Record set section start

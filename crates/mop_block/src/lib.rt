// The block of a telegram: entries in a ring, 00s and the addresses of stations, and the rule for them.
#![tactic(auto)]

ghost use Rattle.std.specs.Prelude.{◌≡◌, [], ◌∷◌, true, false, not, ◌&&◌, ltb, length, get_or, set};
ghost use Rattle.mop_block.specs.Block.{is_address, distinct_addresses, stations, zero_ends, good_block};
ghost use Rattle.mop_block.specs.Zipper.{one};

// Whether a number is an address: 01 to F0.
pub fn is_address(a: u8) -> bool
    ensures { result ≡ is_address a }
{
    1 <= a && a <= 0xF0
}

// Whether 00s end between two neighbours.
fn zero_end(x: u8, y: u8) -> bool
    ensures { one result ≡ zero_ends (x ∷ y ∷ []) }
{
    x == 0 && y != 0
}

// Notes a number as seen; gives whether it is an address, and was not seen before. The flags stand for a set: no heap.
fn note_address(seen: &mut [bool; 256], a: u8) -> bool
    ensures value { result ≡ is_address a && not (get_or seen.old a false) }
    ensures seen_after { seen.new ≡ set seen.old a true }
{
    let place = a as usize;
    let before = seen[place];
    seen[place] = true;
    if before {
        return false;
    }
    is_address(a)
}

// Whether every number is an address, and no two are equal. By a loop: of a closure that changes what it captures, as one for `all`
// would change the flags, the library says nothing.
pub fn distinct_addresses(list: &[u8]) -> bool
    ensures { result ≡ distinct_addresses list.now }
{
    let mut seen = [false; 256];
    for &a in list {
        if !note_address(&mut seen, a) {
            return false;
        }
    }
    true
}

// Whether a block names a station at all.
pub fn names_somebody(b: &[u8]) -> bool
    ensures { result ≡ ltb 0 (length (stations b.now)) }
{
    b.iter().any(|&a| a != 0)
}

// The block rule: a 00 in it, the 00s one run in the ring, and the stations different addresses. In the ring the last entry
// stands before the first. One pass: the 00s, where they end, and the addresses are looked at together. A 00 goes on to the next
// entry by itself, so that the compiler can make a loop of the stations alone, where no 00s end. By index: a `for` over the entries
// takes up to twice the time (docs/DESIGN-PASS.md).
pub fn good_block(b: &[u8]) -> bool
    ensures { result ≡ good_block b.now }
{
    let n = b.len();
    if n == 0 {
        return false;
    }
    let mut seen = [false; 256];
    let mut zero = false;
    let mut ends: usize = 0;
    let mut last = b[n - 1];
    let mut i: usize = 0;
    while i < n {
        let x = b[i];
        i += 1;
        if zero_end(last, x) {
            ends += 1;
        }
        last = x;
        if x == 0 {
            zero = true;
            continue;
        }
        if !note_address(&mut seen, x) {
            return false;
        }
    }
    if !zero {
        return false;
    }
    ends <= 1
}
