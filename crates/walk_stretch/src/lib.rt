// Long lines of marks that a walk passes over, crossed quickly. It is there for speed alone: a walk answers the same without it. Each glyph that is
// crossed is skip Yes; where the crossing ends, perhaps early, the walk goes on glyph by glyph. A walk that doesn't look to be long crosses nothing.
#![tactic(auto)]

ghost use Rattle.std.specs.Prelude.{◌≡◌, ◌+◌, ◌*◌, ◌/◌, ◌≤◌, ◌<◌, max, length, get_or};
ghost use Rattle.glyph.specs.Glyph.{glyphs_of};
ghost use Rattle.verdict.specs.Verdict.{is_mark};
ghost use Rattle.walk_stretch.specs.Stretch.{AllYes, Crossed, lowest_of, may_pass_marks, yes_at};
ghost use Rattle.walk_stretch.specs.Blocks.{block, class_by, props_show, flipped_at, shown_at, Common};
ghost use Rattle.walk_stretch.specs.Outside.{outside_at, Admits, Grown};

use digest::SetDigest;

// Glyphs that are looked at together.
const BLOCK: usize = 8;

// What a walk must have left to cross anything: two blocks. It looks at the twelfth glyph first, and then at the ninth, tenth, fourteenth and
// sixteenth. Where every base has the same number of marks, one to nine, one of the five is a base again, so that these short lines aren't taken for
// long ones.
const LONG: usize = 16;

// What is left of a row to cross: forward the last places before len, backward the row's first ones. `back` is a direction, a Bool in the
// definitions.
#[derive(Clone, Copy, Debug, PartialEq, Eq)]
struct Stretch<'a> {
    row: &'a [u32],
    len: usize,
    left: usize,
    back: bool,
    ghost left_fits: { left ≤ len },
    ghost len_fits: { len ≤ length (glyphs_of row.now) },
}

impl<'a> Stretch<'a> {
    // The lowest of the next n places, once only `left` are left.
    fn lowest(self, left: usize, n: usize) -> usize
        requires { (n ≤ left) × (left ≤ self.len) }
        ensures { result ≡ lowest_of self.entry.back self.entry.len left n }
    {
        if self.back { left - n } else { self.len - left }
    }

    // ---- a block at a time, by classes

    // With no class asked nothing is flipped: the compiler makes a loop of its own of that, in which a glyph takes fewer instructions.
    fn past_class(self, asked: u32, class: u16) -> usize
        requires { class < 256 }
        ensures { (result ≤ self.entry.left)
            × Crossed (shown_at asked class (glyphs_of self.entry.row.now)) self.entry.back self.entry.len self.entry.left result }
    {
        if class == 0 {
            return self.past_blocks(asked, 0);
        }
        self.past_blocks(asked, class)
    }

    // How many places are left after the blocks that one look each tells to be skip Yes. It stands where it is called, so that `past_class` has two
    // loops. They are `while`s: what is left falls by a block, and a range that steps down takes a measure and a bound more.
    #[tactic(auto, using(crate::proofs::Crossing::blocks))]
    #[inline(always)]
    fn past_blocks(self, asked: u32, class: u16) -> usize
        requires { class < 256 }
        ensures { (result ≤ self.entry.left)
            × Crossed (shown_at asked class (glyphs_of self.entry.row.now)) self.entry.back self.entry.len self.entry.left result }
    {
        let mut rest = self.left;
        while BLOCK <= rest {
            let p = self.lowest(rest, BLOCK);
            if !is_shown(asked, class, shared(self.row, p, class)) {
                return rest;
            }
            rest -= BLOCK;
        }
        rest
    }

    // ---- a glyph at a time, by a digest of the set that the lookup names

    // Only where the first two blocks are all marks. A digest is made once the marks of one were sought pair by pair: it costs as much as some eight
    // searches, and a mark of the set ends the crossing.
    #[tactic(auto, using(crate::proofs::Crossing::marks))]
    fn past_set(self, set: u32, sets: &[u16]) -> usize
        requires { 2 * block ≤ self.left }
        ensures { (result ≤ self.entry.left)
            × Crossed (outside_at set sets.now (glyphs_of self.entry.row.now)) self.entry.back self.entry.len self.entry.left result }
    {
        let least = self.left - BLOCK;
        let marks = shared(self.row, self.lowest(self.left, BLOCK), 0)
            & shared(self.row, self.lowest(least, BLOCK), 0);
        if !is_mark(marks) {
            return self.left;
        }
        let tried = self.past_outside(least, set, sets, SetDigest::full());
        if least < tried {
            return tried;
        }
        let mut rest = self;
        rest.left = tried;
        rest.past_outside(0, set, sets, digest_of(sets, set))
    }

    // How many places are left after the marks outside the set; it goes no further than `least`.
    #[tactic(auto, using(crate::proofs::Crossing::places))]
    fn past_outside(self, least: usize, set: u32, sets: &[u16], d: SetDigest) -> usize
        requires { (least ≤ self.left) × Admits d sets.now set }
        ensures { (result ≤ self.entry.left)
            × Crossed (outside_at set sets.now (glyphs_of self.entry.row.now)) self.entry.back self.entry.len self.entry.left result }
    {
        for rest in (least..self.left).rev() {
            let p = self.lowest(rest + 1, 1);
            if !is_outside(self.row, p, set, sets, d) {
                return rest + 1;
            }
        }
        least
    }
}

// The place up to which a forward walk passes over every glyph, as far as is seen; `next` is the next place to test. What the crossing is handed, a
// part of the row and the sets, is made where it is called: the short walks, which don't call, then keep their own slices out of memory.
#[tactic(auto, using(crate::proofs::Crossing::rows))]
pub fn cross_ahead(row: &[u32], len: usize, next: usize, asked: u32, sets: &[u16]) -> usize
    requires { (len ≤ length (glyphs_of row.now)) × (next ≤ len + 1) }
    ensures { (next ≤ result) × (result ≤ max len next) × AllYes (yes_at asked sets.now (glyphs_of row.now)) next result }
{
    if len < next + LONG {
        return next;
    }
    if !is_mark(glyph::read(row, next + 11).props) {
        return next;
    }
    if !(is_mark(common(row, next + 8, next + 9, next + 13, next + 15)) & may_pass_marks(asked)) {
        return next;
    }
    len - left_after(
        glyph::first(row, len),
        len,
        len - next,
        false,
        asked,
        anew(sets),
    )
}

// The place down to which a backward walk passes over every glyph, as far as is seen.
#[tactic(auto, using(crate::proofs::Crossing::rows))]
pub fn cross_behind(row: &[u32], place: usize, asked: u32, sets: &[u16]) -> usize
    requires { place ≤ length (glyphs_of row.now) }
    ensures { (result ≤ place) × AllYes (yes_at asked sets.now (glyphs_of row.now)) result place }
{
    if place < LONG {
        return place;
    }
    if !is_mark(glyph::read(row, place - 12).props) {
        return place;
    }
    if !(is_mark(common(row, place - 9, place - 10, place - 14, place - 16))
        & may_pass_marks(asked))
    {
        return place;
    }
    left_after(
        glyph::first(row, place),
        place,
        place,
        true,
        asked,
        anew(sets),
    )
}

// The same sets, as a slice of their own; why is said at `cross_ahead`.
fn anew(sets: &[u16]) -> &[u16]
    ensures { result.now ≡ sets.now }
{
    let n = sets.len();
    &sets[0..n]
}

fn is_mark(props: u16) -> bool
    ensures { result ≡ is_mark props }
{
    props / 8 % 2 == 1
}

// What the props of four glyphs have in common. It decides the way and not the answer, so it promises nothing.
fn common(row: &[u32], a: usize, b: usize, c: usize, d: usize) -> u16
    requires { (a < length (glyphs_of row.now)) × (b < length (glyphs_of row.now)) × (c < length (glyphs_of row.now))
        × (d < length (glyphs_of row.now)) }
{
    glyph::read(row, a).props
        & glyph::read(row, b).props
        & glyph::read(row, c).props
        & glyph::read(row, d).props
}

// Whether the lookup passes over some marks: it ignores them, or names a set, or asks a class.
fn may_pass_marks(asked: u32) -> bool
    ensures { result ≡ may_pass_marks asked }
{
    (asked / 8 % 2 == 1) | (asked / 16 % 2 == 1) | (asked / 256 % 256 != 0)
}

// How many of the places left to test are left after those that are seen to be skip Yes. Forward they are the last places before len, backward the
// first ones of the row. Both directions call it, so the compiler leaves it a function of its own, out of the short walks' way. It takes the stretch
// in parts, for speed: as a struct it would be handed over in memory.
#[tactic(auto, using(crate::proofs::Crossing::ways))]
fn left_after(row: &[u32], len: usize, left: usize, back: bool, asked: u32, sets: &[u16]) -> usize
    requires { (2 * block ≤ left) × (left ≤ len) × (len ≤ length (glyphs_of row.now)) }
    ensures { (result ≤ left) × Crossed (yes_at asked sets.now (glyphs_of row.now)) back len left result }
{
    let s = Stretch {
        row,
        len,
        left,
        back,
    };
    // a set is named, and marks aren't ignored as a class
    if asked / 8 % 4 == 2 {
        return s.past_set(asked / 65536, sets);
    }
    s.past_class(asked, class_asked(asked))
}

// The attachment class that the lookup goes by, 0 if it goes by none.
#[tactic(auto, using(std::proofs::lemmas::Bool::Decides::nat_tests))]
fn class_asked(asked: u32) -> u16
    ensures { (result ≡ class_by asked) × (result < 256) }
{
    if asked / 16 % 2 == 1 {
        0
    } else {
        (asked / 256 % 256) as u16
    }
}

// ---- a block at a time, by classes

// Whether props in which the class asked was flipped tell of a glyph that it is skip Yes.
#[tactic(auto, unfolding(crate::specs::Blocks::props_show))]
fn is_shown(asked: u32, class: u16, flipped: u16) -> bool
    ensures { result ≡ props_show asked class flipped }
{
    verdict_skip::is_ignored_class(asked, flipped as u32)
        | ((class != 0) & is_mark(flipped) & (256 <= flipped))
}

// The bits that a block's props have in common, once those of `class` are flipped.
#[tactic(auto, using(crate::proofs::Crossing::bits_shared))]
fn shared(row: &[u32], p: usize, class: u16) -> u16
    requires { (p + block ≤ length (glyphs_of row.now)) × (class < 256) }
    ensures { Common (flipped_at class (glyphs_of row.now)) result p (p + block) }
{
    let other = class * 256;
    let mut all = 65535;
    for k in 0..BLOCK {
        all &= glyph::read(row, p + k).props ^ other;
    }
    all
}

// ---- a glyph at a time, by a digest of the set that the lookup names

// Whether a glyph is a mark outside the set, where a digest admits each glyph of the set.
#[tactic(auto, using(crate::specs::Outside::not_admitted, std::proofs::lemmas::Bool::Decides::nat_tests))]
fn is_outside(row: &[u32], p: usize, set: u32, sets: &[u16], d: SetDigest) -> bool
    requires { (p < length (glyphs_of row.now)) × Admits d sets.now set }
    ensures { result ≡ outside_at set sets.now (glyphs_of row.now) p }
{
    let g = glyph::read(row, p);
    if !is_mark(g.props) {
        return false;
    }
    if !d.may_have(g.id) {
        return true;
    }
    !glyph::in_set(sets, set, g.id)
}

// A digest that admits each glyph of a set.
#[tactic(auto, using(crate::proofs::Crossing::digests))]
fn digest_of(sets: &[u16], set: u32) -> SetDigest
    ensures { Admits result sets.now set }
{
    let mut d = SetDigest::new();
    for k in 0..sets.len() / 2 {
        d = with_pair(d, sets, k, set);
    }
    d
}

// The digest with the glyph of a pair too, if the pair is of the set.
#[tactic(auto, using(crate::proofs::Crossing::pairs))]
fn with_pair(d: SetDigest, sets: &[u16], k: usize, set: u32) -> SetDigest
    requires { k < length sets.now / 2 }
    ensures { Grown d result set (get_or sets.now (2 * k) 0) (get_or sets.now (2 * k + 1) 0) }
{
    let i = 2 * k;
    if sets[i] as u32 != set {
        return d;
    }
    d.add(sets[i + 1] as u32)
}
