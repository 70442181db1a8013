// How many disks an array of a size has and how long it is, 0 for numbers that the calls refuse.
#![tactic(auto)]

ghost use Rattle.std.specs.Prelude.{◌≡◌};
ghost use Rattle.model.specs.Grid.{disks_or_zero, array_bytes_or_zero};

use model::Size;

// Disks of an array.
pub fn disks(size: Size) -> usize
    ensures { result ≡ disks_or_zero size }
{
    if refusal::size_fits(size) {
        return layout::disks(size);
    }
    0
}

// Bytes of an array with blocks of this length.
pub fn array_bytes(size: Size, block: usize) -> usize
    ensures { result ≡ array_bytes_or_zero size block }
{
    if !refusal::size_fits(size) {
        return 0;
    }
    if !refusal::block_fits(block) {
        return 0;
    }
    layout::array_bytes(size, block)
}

Record set section end

Problem to work on:
Using the entries above, return each line in which the word "made" occurs.

Response to the task:
    // Only where the first two blocks are all marks. A digest is made once the marks of one were sought pair by pair: it costs as much as some eight
// part of the row and the sets, is made where it is called: the short walks, which don't call, then keep their own slices out of memory.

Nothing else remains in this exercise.